The technology behind Facebook

With 2.8 billion monthly active users, Facebook is one of the most visited platforms in the world. To ensure reliability and high performance under this load, the engineering team employs a variety of technologies, including Java, JavaScript, Flow Hack, PHP, Python, c++, and more.

Facebook uses Java in key areas such as big data (Spark, Presto, etc.), back-end services, and mobile devices. Prior to migrating to GraalVM, the team used the Oracle JDK and OpenJDK on Java 8 and Java 11.

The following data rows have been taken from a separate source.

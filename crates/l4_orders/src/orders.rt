//! All orders of a plan.
ghost use Rattle.std.specs.Prelude.{◌≡◌, ◌≤◌, MatchResult};
ghost use Rattle.l4_fpage.specs.Pages.{max_frames};
ghost use Rattle.l4_orders.specs.Filling.{FillsHistory};
ghost use Rattle.l4_orders.specs.Orders.{FindsOrders};

use crate::executing::execute_all;
use crate::plans::Plan;
use crate::replaying::{booted, replay_all};
use crate::states::PlanState;
use l4_fpage::PageSize;
use l4_merges::{Explored, Failure, Unwatched, Watch, explore};
use std::alloc::Global;

/// Searches all orders of a plan as `watched_orders` does, without reports.
pub fn all_orders(
    alloc: Global,
    frames: u32,
    size: PageSize,
    plan: &Plan,
    most: u64,
) -> Result<Explored, Failure>
    requires { frames ≤ max_frames }
    ensures { MatchResult result (FindsOrders frames size plan.now most)
        (λ why. why ≡ Failure.Full → FillsHistory frames size plan.now) }
{
    watched_orders(alloc, frames, size, plan, most, &mut Unwatched)
}

/// Searches all orders of a plan on a new kernel with this many frames, 1 to 4,096, of this size, and visits at most `most` states.
///
/// The lines before `unordered` are executed in their order. Then a thread executes its next line whenever it runs: the line's call, the
/// steps that come next, and the acts of served threads, as in a script. The next of the lines that end the waits of a thread (`timeout` and
/// `cancel`) is executed whenever the thread waits. An order ends when no line can be executed. Its outcome is the text of the answers to the
/// queries, and a line `stuck N L` for each thread N that is left before its line L.
///
/// Returns each outcome once, with an order that produces it, and whether every order was followed. The script of each of these orders is
/// executed once more, from boot, and has this outcome. If every order was followed, returns the graph of the states too. `watch` gets a report
/// after each state. Returns the failure if a line before `unordered` or such a script could not be executed
/// for lack of memory, or because the history is full: then an answer to one of its lines says so.
pub fn watched_orders<W: Watch>(
    alloc: Global,
    frames: u32,
    size: PageSize,
    plan: &Plan,
    most: u64,
    watch: &mut W,
) -> Result<Explored, Failure>
    requires { frames ≤ max_frames }
    ensures { MatchResult result (FindsOrders frames size plan.now most)
        (λ why. why ≡ Failure.Full → FillsHistory frames size plan.now) }
{
    let mut script = booted(alloc, frames, size)?;
    let line = execute_all(&mut script, 1, plan.first.as_slice())?;
    let Ok(gone) = plan.none_gone(alloc) else {
        return Err(Failure::Memory);
    };
    let state = PlanState {
        plan,
        alloc,
        script,
        gone,
        line,
    };
    let explored = explore(alloc, state, most, watch);
    replay_all(alloc, frames, size, plan, explored.found.as_slice())?;
    Ok(explored)
}
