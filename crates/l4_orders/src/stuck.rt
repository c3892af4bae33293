//! Writes which threads are left with lines.
ghost use Rattle.std.specs.Prelude.{◌≡◌, ◌++◌, OnOk, length};
ghost use Rattle.l4_orders.specs.Turns.{stuck_text, stuck_line, stuck_lines};

use crate::numbers::put_number;
use crate::plans::Block;
use std::alloc::{AllocError, Global};

/// Appends that a thread is stuck before the line of this number.
fn put_text(alloc: Global, out: &mut Vec<u8>, thread: u32, number: u64) -> Result<(), AllocError>
    ensures { OnOk result (out.new.items ≡ out.old.items ++ stuck_text thread number) }
{
    out.extend_from_slice(b"stuck ")?;
    put_number(alloc, u64::from(thread), out)?;
    out.extend_from_slice(b" ")?;
    put_number(alloc, number, out)?;
    out.extend_from_slice(b"\n")
}

/// Appends that a thread is stuck before its next line, if it has one. It never is before lines that end its waits.
fn put_stuck(alloc: Global, out: &mut Vec<u8>, block: &Block, gone: usize) -> Result<(), AllocError>
    ensures { OnOk result (out.new.items ≡ out.old.items ++ stuck_line block.now gone) }
{
    if block.cancels {
        return Ok(());
    }
    let Some(line) = block.line(gone) else {
        return Ok(());
    };
    put_text(alloc, out, block.thread, line.number)
}

/// Appends which threads are stuck, and before which line.
pub(crate) fn put_all_stuck(
    alloc: Global,
    out: &mut Vec<u8>,
    blocks: &[Block],
    gone: &[usize],
) -> Result<(), AllocError>
    requires { length gone.now ≡ length blocks.now }
    ensures { OnOk result (out.new.items ≡ out.old.items ++ stuck_lines blocks.now gone.now) }
{
    for place in 0..blocks.len() {
        put_stuck(alloc, out, &blocks[place], gone[place])?;
    }
    Ok(())
}
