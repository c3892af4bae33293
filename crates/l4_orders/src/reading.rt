//! Reads litmus tests.
ghost use Rattle.l4_orders.specs.Files.{ReadsPlan};
ghost use Rattle.l4_orders.specs.Inside.Parts.{parts_of, IsNew};
ghost use Rattle.l4_orders.specs.Inside.Taking.{ReadsLines};

use crate::parts::{PlanFault, Reading};
use crate::plans::Plan;
use l4_fpage::PageSize;
use l4_text::{LineReader, RunFault};
use std::alloc::Global;
use std::io::Read;

/// Reads line after line, to the end of the file or to the first line that cannot be part of a litmus test.
fn read_lines<R: Read>(
    size: PageSize,
    reading: &mut Reading,
    reader: &mut R,
) -> Result<(), PlanFault>
    requires { IsNew reading.old }
    ensures { ReadsLines size (R.remaining reader.old) (R.remaining reader.new)
        (parts_of reading.new) result }
{
    let mut lines = LineReader::new();
    for number in 1..u64::MAX {
        let next = match lines.next(reader) {
            Ok(next) => next,
            Err(_) => return Err(PlanFault::Stopped(RunFault::Read)),
        };
        let Some(ending) = next else {
            return Ok(());
        };
        match reading.take_line(size, number, ending, lines.line()) {
            Ok(()) => {}
            Err(fault) => return Err(fault),
        }
    }
    Err(PlanFault::Stopped(RunFault::Read))
}

/// Reads a litmus test for pages of this size: lines of a script, with a line `unordered` and, if there are queries, a line `finally`.
///
/// Before `finally`, only lines of threads are allowed, and before `unordered` also lines that give names. After `finally`, only `show`,
/// `parent`, `reply`, `never` and `always` are allowed. A line belongs to the thread that starts its call: root for `thread`, `setpager` and
/// `delete`, and P for `region P` and `serve P`. Lines `timeout N` and `cancel N` are kept in a block of their own for each thread N.
///
/// Returns `Malformed` with the first line that cannot be part of a litmus test; `NoUnordered` if there is no line `unordered`; then
/// `Malformed` with the first line of a thread that neither is there at boot nor is created; then with the first rule that names an answer
/// that no outcome can have; and `Stopped` if a read failed or there was not enough memory.
pub fn read_plan<R: Read>(alloc: Global, size: PageSize, reader: &mut R) -> Result<Plan, PlanFault>
    ensures { ReadsPlan size (R.remaining reader.old) (R.remaining reader.new) result }
{
    let mut reading = Reading::new(alloc);
    match read_lines(size, &mut reading, reader) {
        Ok(()) => reading.finish(size),
        Err(fault) => Err(fault),
    }
}
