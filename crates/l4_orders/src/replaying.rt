//! Executes the script of an order once more, from boot.
ghost use Rattle.std.specs.Prelude.{◌≡◌, ◌≤◌, Contains, MatchResult};
ghost use Rattle.std.specs.List.{All};
ghost use Rattle.l4_fpage.specs.Pages.{max_frames};
ghost use Rattle.l4_merges.specs.declared.found.Found.{Found};
ghost use Rattle.l4_shell.specs.ByLines.{state_of, IsFirst};
ghost use Rattle.l4_orders.specs.Filling.{FillsScript, FillsBy};
ghost use Rattle.l4_orders.specs.Witnesses.{IsRunTo, IsOutcomeOf, IsWitness};

use crate::executing::{answers, execute_all, execute_order};
use crate::plans::Plan;
use crate::stuck::put_all_stuck;
use l4_fpage::PageSize;
use l4_merges::{Failure, Found};
use l4_shell::ScriptRun;
use std::alloc::Global;

/// Boots a kernel for a script.
pub(crate) fn booted(alloc: Global, frames: u32, size: PageSize) -> Result<Box<ScriptRun>, Failure>
    requires { frames ≤ max_frames }
    ensures { MatchResult result (λ run. IsFirst frames size run.value) (λ why. why ≡ Failure.Memory) }
{
    let Some(run) = ScriptRun::new(alloc, frames, size) else {
        return Err(Failure::Memory);
    };
    match Box::new(alloc, run) {
        Ok(run) => Ok(run),
        Err(_) => Err(Failure::Memory),
    }
}

/// Executes the script of an order. Returns its outcome.
fn replayed(
    alloc: Global,
    script: &mut ScriptRun,
    plan: &Plan,
    order: &[usize],
) -> Result<Vec<u8>, Failure>
    ensures { MatchResult result
        (λ text. IsRunTo (state_of script.old) plan.now order.now text.items)
        (λ why. why ≡ Failure.Full → FillsScript (state_of script.old) plan.now order.now) }
{
    let first = execute_all(script, 1, plan.first.as_slice())?;
    let (line, gone) = execute_order(alloc, script, first, plan, order)?;
    let mut text = answers(alloc, script, line, plan.queries.as_slice())?;
    let blocks = plan.blocks.as_slice();
    match put_all_stuck(alloc, &mut text, blocks, gone.as_slice()) {
        Ok(()) => Ok(text),
        Err(_) => Err(Failure::Memory),
    }
}

/// Executes the script of an order on a new kernel. Returns its outcome.
fn replay(
    alloc: Global,
    frames: u32,
    size: PageSize,
    plan: &Plan,
    order: &[usize],
) -> Result<Vec<u8>, Failure>
    requires { frames ≤ max_frames }
    ensures { MatchResult result
        (λ text. IsOutcomeOf frames size plan.now order.now text.items)
        (λ why. why ≡ Failure.Full → FillsBy frames size plan.now order.now) }
{
    let mut script = booted(alloc, frames, size)?;
    replayed(alloc, &mut script, plan, order)
}

/// Executes the script of each order on a new kernel, and compares its outcome with the one that was found. An outcome that differs has the
/// same result as a lack of memory: no order of a plan that was read from a file has two outcomes.
pub(crate) fn replay_all(
    alloc: Global,
    frames: u32,
    size: PageSize,
    plan: &Plan,
    found: &[Found],
) -> Result<(), Failure>
    requires { frames ≤ max_frames }
    ensures { MatchResult result
        (λ _. All (IsWitness frames size plan.now) found.now)
        (λ why. why ≡ Failure.Full → (one : Found) × Contains found.now one × FillsBy frames size plan.now one.order.items) }
{
    for one in found {
        let outcome = replay(alloc, frames, size, plan, one.order.as_slice())?;
        if outcome.as_slice() == one.outcome.as_slice() {
            continue;
        }
        return Err(Failure::Memory);
    }
    Ok(())
}
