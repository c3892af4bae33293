//! The law of outcomes.
ghost use Rattle.l4_orders.specs.Orders.{OneOutcome};

/// Ghost function: gives a proof that an order of a plan that was read from a file has one outcome. It compiles to nothing.
pub fn outcome_is_unique()
    ensures { OneOutcome }
{}
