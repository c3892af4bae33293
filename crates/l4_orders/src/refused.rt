//! Lines that no part of a litmus test can have.
ghost use Rattle.std.specs.Prelude.{◌≡◌};
ghost use Rattle.l4_text.specs.declared.lines.Ending.TheVariants.{Whole};
ghost use Rattle.l4_commands.specs.Requests.{asked_at};
ghost use Rattle.l4_orders.specs.Reading.{fault_in, asked_fault, early_fault};

use crate::parts::LineFault;
use l4_commands::{Request, ScriptFault, command_name, is_comment, request};
use l4_expectations::is_marked;
use l4_fpage::PageSize;
use l4_names::Names;
use l4_pager::wait;

/// Returns S5 if a request gives a name and there are too many.
fn fault_in(request: Request<'_>, names: &Names) -> Option<LineFault>
    ensures { result ≡ fault_in names.now request.entry }
{
    match request {
        Request::GiveName(name, number) => {
            if names.copy().give(name, number) {
                None
            } else {
                Some(LineFault::NamesFull)
            }
        }
        _ => None,
    }
}

/// Returns S1, S2 or S5 if a line cannot be read, or gives a name and there are too many.
fn asked_fault(size: PageSize, names: &Names, bytes: &[u8]) -> Option<LineFault>
    ensures { result ≡ asked_fault names.now (asked_at size names.now Whole bytes.now) }
{
    if is_comment(bytes) {
        return None;
    }
    let Some((name, rest)) = command_name(bytes) else {
        return None;
    };
    let mut call = wait();
    match request(name, rest, size, names, &mut call) {
        Ok(request) => fault_in(request, names),
        Err(ScriptFault::UnknownCommand) => Some(LineFault::Unknown),
        Err(_) => Some(LineFault::Unread),
    }
}

/// Returns why a line can be part of no litmus test, whatever lines are around it: O8, S1, S2 or S5.
pub(crate) fn early_fault(size: PageSize, names: &Names, bytes: &[u8]) -> Option<LineFault>
    ensures { result ≡ early_fault size names.now bytes.now }
{
    if is_marked(bytes) {
        return Some(LineFault::Expectation);
    }
    asked_fault(size, names, bytes)
}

At this scale, any performance improvements add significant value — they improve the user experience and reduce infrastructure costs. This is why the engineering team has been looking for ways to improve application performance and decided to evaluate GraalVM to determine if it is a faster Java runtime.

Why GraalVM

  • Since performance was a major concern, the Facebook team decided to evaluate GraalVM as their Java runtime environment to see if it would improve the performance of their Java applications. GraalVM provides advanced optimizations such as partial escape analysis and inline heuristics. Thanks to this, many Java/JVM applications can get an immediate performance boost simply by switching to GraalVM. The Facebook team also observed that GraalVM showed significant year-over-year improvement in benchmarks such as SpecJVM2008 and DaCapo compared to C2.
  • In addition, the GraalVM compiler was written from scratch using Java in a modular and extensible manner. This makes maintenance easy while adding incremental improvements. This is important for Facebook as the team considers a long-term investment in GraalVM.
  • The community. The GraalVM project has a vibrant open source community, with many organizations and individuals contributing to the project and forming its roadmap. It’s also easy to find help and support in the community.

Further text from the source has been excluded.